• **Task**
What is needed here is an exact repetition of the records below, beginning at the line that has "is 0 or not." and stopping after the line that has "Err(refusal) => NtpLength".

• **Data shown**
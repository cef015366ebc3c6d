// Opening, an arrival and an early end.
ghost use Rattle.std.specs.Prelude.{◌≡◌, ◌<◌, ◌^◌, IfOk};
ghost use Rattle.wire.specs.Refusals.{refusal_number};
ghost use Rattle.tracker.specs.Calls.{open_refusal, open_after, place_of, object_refusal, arrival_word, arrival_obeys, arrived_refusal, arrived_after, ended_refusal, ended_after};

use crate::record::{both_obey, consistent, has_arrived, numbers_obey, state};
use crate::{
    AT_FIRST, AT_INTERVAL, AT_NAMED, AT_OBJECTS, ENDED_EARLY, LATE, NOTHING, OBJECTS, RECEIVED,
    TIMES, WORDS,
};
use wire::Refusal;

// Opens a tracker for the 256 objects from the first one on. What stood in the words is not looked at.
pub fn open(tracker: &mut [u64; WORDS], first: u64, interval: u64) -> Result<(), Refusal>
    ensures { (refusal_number result ≡ open_refusal first interval) × (tracker.new ≡ open_after tracker.old first interval) }
{
    if !numbers_obey(first, interval) {
        return Err(Refusal::TooLarge);
    }
    let mut words = [0u64; WORDS];
    words[AT_FIRST] = first;
    words[AT_INTERVAL] = interval;
    *tracker = words;
    Ok(())
}

// The place of the object that a call names, or the refusal; obey says whether its numbers obey 5.
fn place_of(tracker: &[u64; WORDS], object: u64, obey: bool) -> Result<usize, Refusal>
    ensures { (refusal_number result ≡ object_refusal tracker.now object obey) × IfOk result (λ place. (place ≡ place_of tracker.now object) × (place < 256)) }
{
    if !consistent(tracker) {
        return Err(Refusal::Inconsistent);
    }
    if !obey {
        return Err(Refusal::TooLarge);
    }
    let first = tracker[AT_FIRST];
    if object < first {
        return Err(Refusal::OtherObject);
    }
    let place = object - first;
    if place < OBJECTS as u64 {
        return Ok(place as usize);
    }
    Err(Refusal::OtherObject)
}

// Whether an arrival's numbers obey 5; the deadline is an end.
fn arrival_obeys(object: u64, time: u64, deadline: u64) -> bool
    ensures { result ≡ arrival_obeys object time deadline }
{
    if !both_obey(object, time) {
        return false;
    }
    deadline <= TIMES
}

// The word of an arrival: late if it exceeds a known deadline, otherwise received.
fn arrival_word(time: u64, deadline: u64) -> u64
    requires { time < 2 ^ 62 }
    ensures { result ≡ arrival_word time deadline }
{
    if deadline == 0 {
        return RECEIVED * TIMES + time;
    }
    if deadline - 1 < time {
        return LATE * TIMES + time;
    }
    RECEIVED * TIMES + time
}

// An object arrives. Its deadline is an end: one past it, and 0 for none. A second arrival is ignored.
pub fn arrived(
    tracker: &mut [u64; WORDS],
    object: u64,
    time: u64,
    deadline: u64,
) -> Result<(), Refusal>
    ensures { (refusal_number result ≡ arrived_refusal tracker.old object time deadline) × (tracker.new ≡ arrived_after tracker.old object time deadline) }
{
    let place = place_of(tracker, object, arrival_obeys(object, time, deadline))?;
    let at = AT_OBJECTS + place;
    if has_arrived(tracker[at]) {
        return Ok(());
    }
    if tracker[AT_NAMED] == 0 {
        tracker[AT_NAMED] = (place as u64) + 1;
    }
    tracker[at] = arrival_word(time, deadline);
    Ok(())
}

// It stands beside arrived: the two differ in what they test and in what they write, so one function for both would be no plainer.
// An object ended early, by the caller's word. A second early end, or one after an arrival, is ignored.
pub fn ended_early(tracker: &mut [u64; WORDS], object: u64, time: u64) -> Result<(), Refusal>
    ensures { (refusal_number result ≡ ended_refusal tracker.old object time) × (tracker.new ≡ ended_after tracker.old object time) }
{
    let place = place_of(tracker, object, both_obey(object, time))?;
    let at = AT_OBJECTS + place;
    if state(tracker[at]) != NOTHING {
        return Ok(());
    }
    tracker[at] = ENDED_EARLY * TIMES + time;
    Ok(())
}
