// The average deviation of the arrival gaps, by divisions alone: a product could pass 64 bits.
ghost use Rattle.std.specs.Prelude.{◌≡◌, ◌<◌, leb};
ghost use Rattle.wire.specs.Numbers.{limit};
ghost use Rattle.report.specs.Average.{stored_of};
ghost use Rattle.tracker.specs.Counting.{mean_by};

// An average from -2^61 to 2^61 - 1 is in its range.
const HALF: i64 = 2305843009213693952;

// The average deviation from the interval of so many gaps that add up to the spread, rounded toward zero; 0 where there is no gap.
pub(crate) fn mean(spread: u64, gaps: u64, interval: u64) -> i64
    requires { (spread < 4611686018427387904) × (interval < 4611686018427387904) }
    ensures { result ≡ mean_by spread gaps interval }
{
    if gaps == 0 {
        return 0;
    }
    let whole = spread / gaps;
    if interval <= whole {
        return (whole - interval) as i64;
    }
    if spread % gaps == 0 {
        return -((interval - whole) as i64);
    }
    -((interval - (whole + 1)) as i64)
}

// Whether an average is in its range.
pub(crate) fn in_range(mean: i64) -> bool
    ensures { result ≡ leb (stored_of mean) limit }
{
    -HALF <= mean && mean < HALF
}
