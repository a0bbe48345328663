// What crosses between the library and a host, whatever is called: enums become numbers here, as rule 2.1
// numbers them, a version among them; a bool is a byte that is 0 or not.
#![tactic(auto)]

ghost use Rattle.std.specs.Prelude.{◌≡◌};
ghost use Rattle.base_answers.specs.Meant.{number_of};
ghost use Rattle.host.specs.Meant.{version_of, length_of};

use base_answers::Refusal;
use base_version::Version;

// A version, as a host numbers it; none for any other number.
pub fn version_of(number: u8) -> Option<Version>
    ensures { result ≡ version_of number }
{
    match number {
        4 => Some(Version::V4),
        5 => Some(Version::V5),
        _ => None,
    }
}

pub fn number_of(refusal: Refusal) -> usize
    ensures { result ≡ number_of refusal }
{
    base_answers::number(refusal) as usize
}

// What is told with one value: 0 and how many bytes there are, or the number of a refusal and 0.
#[repr(C)]
#[derive(Clone, Copy)]
pub struct NtpLength {
    pub number: usize,
    pub len: usize,
}

pub fn length_row(answer: Result<usize, Refusal>) -> NtpLength
    ensures { result ≡ length_of answer }
{
    match answer {
        Err(refusal) => NtpLength {
            number: number_of(refusal),
            len: 0,
        },
        Ok(len) => NtpLength { number: 0, len },
    }
}
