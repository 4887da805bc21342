//! The rules of declarations.
#![tactic(auto)]

mod classes;
mod groups;
mod judging;
mod known;
mod laws;
mod main_class;
mod members;
mod routines;
mod traits;

pub use judging::judge;
pub use laws::{one_main, one_name};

• **Result**
// numbers them, a version among them; a bool is a byte that is 0 or not.
#![tactic(auto)]

ghost use Rattle.std.specs.Prelude.{◌≡◌};
ghost use Rattle.base_answers.specs.Meant.{number_of};
ghost use Rattle.host.specs.Meant.{version_of, length_of};

use base_answers::Refusal;
use base_version::Version;

// A version, as a host numbers it; none for any other number.
pub fn version_of(number: u8) -> Option<Version>
    ensures { result ≡ version_of number }
{
    match number {
        4 => Some(Version::V4),
        5 => Some(Version::V5),
        _ => None,
    }
}

pub fn number_of(refusal: Refusal) -> usize
    ensures { result ≡ number_of refusal }
{
    base_answers::number(refusal) as usize
}

// What is told with one value: 0 and how many bytes there are, or the number of a refusal and 0.
#[repr(C)]
#[derive(Clone, Copy)]
pub struct NtpLength {
    pub number: usize,
    pub len: usize,
}

pub fn length_row(answer: Result<usize, Refusal>) -> NtpLength
    ensures { result ≡ length_of answer }
{
    match answer {
        Err(refusal) => NtpLength {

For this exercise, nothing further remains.